Dissertation Defense: The development, cytoarchitecture, and circuitry of the ventral lateral geniculate nucleus
Graduate Student Dissertation Defense presented by the Fralin Biomedical Research Institute at VTC
About This Dissertation
In the visual system, retinal axons convey visual information from the outside world to dozens of distinct retinorecipient brain regions. In rodents, two major areas that are densely innervated by this retinal input are the dorsal lateral geniculate nucleus (dLGN) and ventral lateral geniculate nucleus (vLGN), both of which reside in the thalamus. The dLGN is well-studied and known to be important for classical image‐forming vision. The vLGN, on the other hand, is associated with non‐image‐forming vision and its neurochemistry, cytoarchitecture, and retinothalamic connectivity all remain unresolved, raising fundamental questions of its role within the visual system. Sabbagh, mentored by Dr. Michael Fox, sought to shed light on these important questions by studying the cellular and extracellular landscape of the vLGN and map its connectivity with the retina. Using in situ hybridization, immunohistochemistry, electrophysiology, and genetic reporter lines, Sabbagh found that the two major laminae of vLGN, the retinorecipient externa`l vLGN (vLGNe) and the non‐retinorecipient internal vLGN (vLGNi) are composed of distinct types of neurons and have distinct extracellular landscapes.

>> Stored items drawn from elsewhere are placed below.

// What a record of the log has written enters the page in front of the pool.
ghost use Rattle.std.specs.Prelude.{◌≡◌, ◌≢◌, ◌+◌, ◌*◌, ◌<◌, ◌↔◌, ◌++◌, ◌∷◌, ℕ, List, length, Option, Some, None};
ghost use Rattle.std.specs.Prelude.{option_copied, IsTrue};
ghost use Rattle.site.specs.State.{State, Image};
ghost use Rattle.record_model.specs.State.{Content};
ghost use Rattle.log_records.specs.Log.{Entry, log_from, number_of, after_of};
ghost use Rattle.log_records.specs.Spelling.{HasForm, IsShort};
ghost use Rattle.slotted_page.specs.Layout.{lsn_of};
ghost use Rattle.buffer_pool.specs.Frames.{front_of};
ghost use Rattle.log_store.specs.declared.store.LogStore.{LogStore};
ghost use Rattle.write_ahead.specs.Forcing.{end_forced};
ghost use Rattle.page_store.specs.Representation.{IsStore, Invariant, Matches, current};
ghost use Rattle.page_store.specs.Caching.{cache_of, with_change};
ghost use Rattle.page_store.specs.Ahead.{IsAhead};
ghost use Rattle.checkpoint.specs.declared.master.Master.{Master};
ghost use Rattle.image_meaning.specs.Meaning.{version_in, kept_by};
ghost use Rattle.image_meaning.specs.Redone.{Redoes};
ghost use Rattle.redo_laws.specs.Running.{History};
ghost use Rattle.redo_laws.specs.Holding.{Represents, MayGrow, IsOnPage};
ghost use Rattle.redo_undo.specs.Fitting.{HasRoomInFront};
ghost use Rattle.redo_undo.specs.Redoing.{Opening, IsRedoing};

use log_records::LogRecord;
use page_store::PageStore;
use record_model::Octets;
use slotted_page::slots_of_a_page;

/// The octets of a content.
pub(crate) fn slice_of(content: &Option<Octets>) -> Option<&[u8]>
    ensures { option_copied result ≡ content.now }
{
    match content {
        Some(value) => Some(value.as_slice()),
        None => None,
    }
}

// The slot that an Update or a CLR is on, and 0 of any other record.
fn slot_of(rec: &LogRecord) -> u8
    ensures below { HasForm rec.now → result < 32 }
    ensures number { (number : ℕ) → number_of rec.now ≡ Some number → (page : ℕ) × (number ≡ 32 * page + result) }
{
    match rec {
        LogRecord::Update { slot, .. } => *slot,
        LogRecord::Clr { slot, .. } => *slot,
        _ => 0,
    }
}

// What an Update or a CLR has written, and none of any other record.
fn after_of(rec: &LogRecord) -> Option<&[u8]>
    ensures after { option_copied result ≡ after_of rec.now }
    ensures short { HasForm rec.now → IsShort (after_of rec.now) }
{
    match rec {
        LogRecord::Update { after, .. } => slice_of(after),
        LogRecord::Clr { after, .. } => slice_of(after),
        _ => None,
    }
}

/// Whether what an Update or a CLR writes, which is on the page in front of the pool, has room there.
pub fn fits_front(pages: &PageStore, rec: &LogRecord) -> bool
    requires store { IsStore pages.now }
    requires there { 0 < length pages.now.pool.frames }
    requires form { HasForm rec.now }
    requires on_page { IsOnPage (front_of pages.now.pool.frames).page rec.now }

    // Of an honest site on which log and pages hold together, and of one with an opened log that is redone: the next
    // record has room, there where the page doesn't know of it.
    ensures grows { (log : LogStore) (site : State) (newest : Option Master) (records : List Entry)
        (history : History) (lsn : ℕ)
        → Represents log pages.now site newest records history
        → MayGrow log pages.now site.image newest records (record { lsn = lsn; rec = rec.now })
        → IsTrue result }
    ensures redone { (o : Opening) (log : LogStore) (site : State) (front rest : List Entry) (lsn : ℕ)
        → IsRedoing o log pages.now site front
        → log_from (kept_by o.newest) o.blocks ≡ front ++ record { lsn = lsn; rec = rec.now } ∷ rest
        → lsn_of (front_of pages.now.pool.frames).content < lsn → IsTrue result }

    // Of every site.
    ensures room { IsTrue result ↔ HasRoomInFront pages.now rec.now }
{
    slots_of_a_page();
    let slot = slot_of(rec);
    let after = after_of(rec);
    pages.fits(slot, after)
}

/// Redoes an Update or a CLR, which is on the page in front of the pool and has room there: the page has the record's
/// LSN, which is greater than its own, and its slot what the record has written.
pub(crate) fn change_front(pages: &mut PageStore, rec: &LogRecord, lsn: u64)
    requires store { IsStore pages.old }
    requires there { 0 < length pages.old.pool.frames }
    requires form { HasForm rec.now }
    requires on_page { IsOnPage (front_of pages.old.pool.frames).page rec.now }
    requires room { HasRoomInFront pages.old rec.now }
    requires rises { lsn_of (front_of pages.old.pool.frames).content < lsn }

    ensures redoes { (image : Image) (number : ℕ) → number_of rec.now ≡ Some number
        → Redoes (front_of pages.old.pool.frames).page (record { lsn = lsn; rec = rec.now }) number
        (version_in (current pages.old image (front_of pages.old.pool.frames).page))
        (version_in (current pages.new image (front_of pages.old.pool.frames).page)) }
    ensures others { (image : Image) (page : ℕ) → page ≢ (front_of pages.old.pool.frames).page
        → current pages.new image page ≡ current pages.old image page }
    ensures machine { cache_of pages.new ≡ with_change (cache_of pages.old) }
    ensures going { (site : State) → Invariant pages.old site → Invariant pages.new site }
    ensures fit { (site : State) → Matches pages.old site → Matches pages.new site }
    ensures ahead { (log : LogStore) (image : Image) → IsAhead log pages.old image
        → lsn < end_forced log → IsAhead log pages.new image }
    ensures size { pages.new.pool.size ≡ pages.old.pool.size }
    ensures flash { pages.new.flash ≡ pages.old.flash }
{
    slots_of_a_page();
    let slot = slot_of(rec);
    let after = after_of(rec);
    pages.change(slot, after, lsn);
}
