ghost use Rattle.std.specs.Prelude.{◌≡◌};
ghost use Rattle.vn_types.specs.Interfaces.{half_id_eq};
ghost use Rattle.vn_rules.specs.Interfaces.{is_timer_of};

use vn_types::{HalfId, Ip4, List, same_half};

/// What a timer is for (callout(9)).
#[derive(Clone, Copy, PartialEq, Eq)]
pub enum TimerOf<N> {
    /// The entry of a neighbour's address.
    Arp { half: N, ip: Ip4 },
    /// An awaited ping, by its identifier and the timer's own arm number.
    Ping { id: u16, arm: u64 },
}

/// The timers of a stack by deadline (milliseconds) and then arm number, and how many were armed so far.
pub struct TimersOf<N> {
    pub armed: u64,
    pub standing: List<((u64, u64), TimerOf<N>)>,
}

/// A timer, as the tables name its half.
pub type Timer = TimerOf<HalfId>;

impl TimerOf<HalfId> {
    /// Whether it is the timer of an ARP entry on the half.
    pub fn is_of(self, half: HalfId) -> bool
        ensures { result ≡ is_timer_of half_id_eq half self }
    {
        match self {
            Timer::Arp { half: own, ip: _ } => same_half(own, half),
            Timer::Ping { id: _, arm: _ } => false,
        }
    }
}
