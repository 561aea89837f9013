use bytes::Bytes;
use vn_types::{HalfId, Ip4, List, Mac};

/// The most datagrams that an incomplete entry holds.
pub const HELD_MAX: usize = 16;

/// The most requests that are sent for an incomplete entry.
pub const REQUESTS_MAX: u8 = 5;

/// How far the resolution of an address has come (arp(4)).
#[derive(Clone, Copy, PartialEq, Eq)]
pub enum ArpState {
    /// Requests were sent, and no reply came yet.
    Incomplete,
    /// A reply or a request of the neighbour told the hardware address.
    Learnt,
    /// The hardware address was set by hand.
    Static,
    /// No reply came to any request.
    Down,
}

/// What a stack knows of a neighbour's address on one half (RFC 826), with the datagrams that wait for it.
pub struct ArpEntryOf<N> {
    pub half: N,
    pub ip: Ip4,
    pub state: ArpState,
    /// Set where the state is learnt or static.
    pub mac: Option<Mac>,
    /// The requests sent so far for an incomplete entry.
    pub requests: u8,
    /// The datagrams held for an incomplete entry, oldest first.
    pub held: List<Bytes>,
}

/// An entry, as the tables name its half.
pub type ArpEntry = ArpEntryOf<HalfId>;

In vLGNe, the researchers discovered at least six transcriptionally distinct subtypes of inhibitory neurons that are distributed into distinct adjacent sublaminae. Using trans‐synaptic viral tracing and in vitro electrophysiology, we found that cells in each these sublaminae receive direct inputs from retina. Lastly, by genetically removing this visual input to the vLGN, Sabbagh found that the organization of these sublaminae is dramatically disrupted, suggesting a crucial role for sensory input in the cytoarchitectural maintenance of the vLGN. Taken together, these results not only identify novel subtypes of vLGN cells, but they also point to new means of organizing visual information into parallel pathways – by anatomically creating distinct sensory channels. This subtype-specific organization may be key to understanding how the vLGN receives, processes, and transmits light‐derived signals in the subcortical visual system.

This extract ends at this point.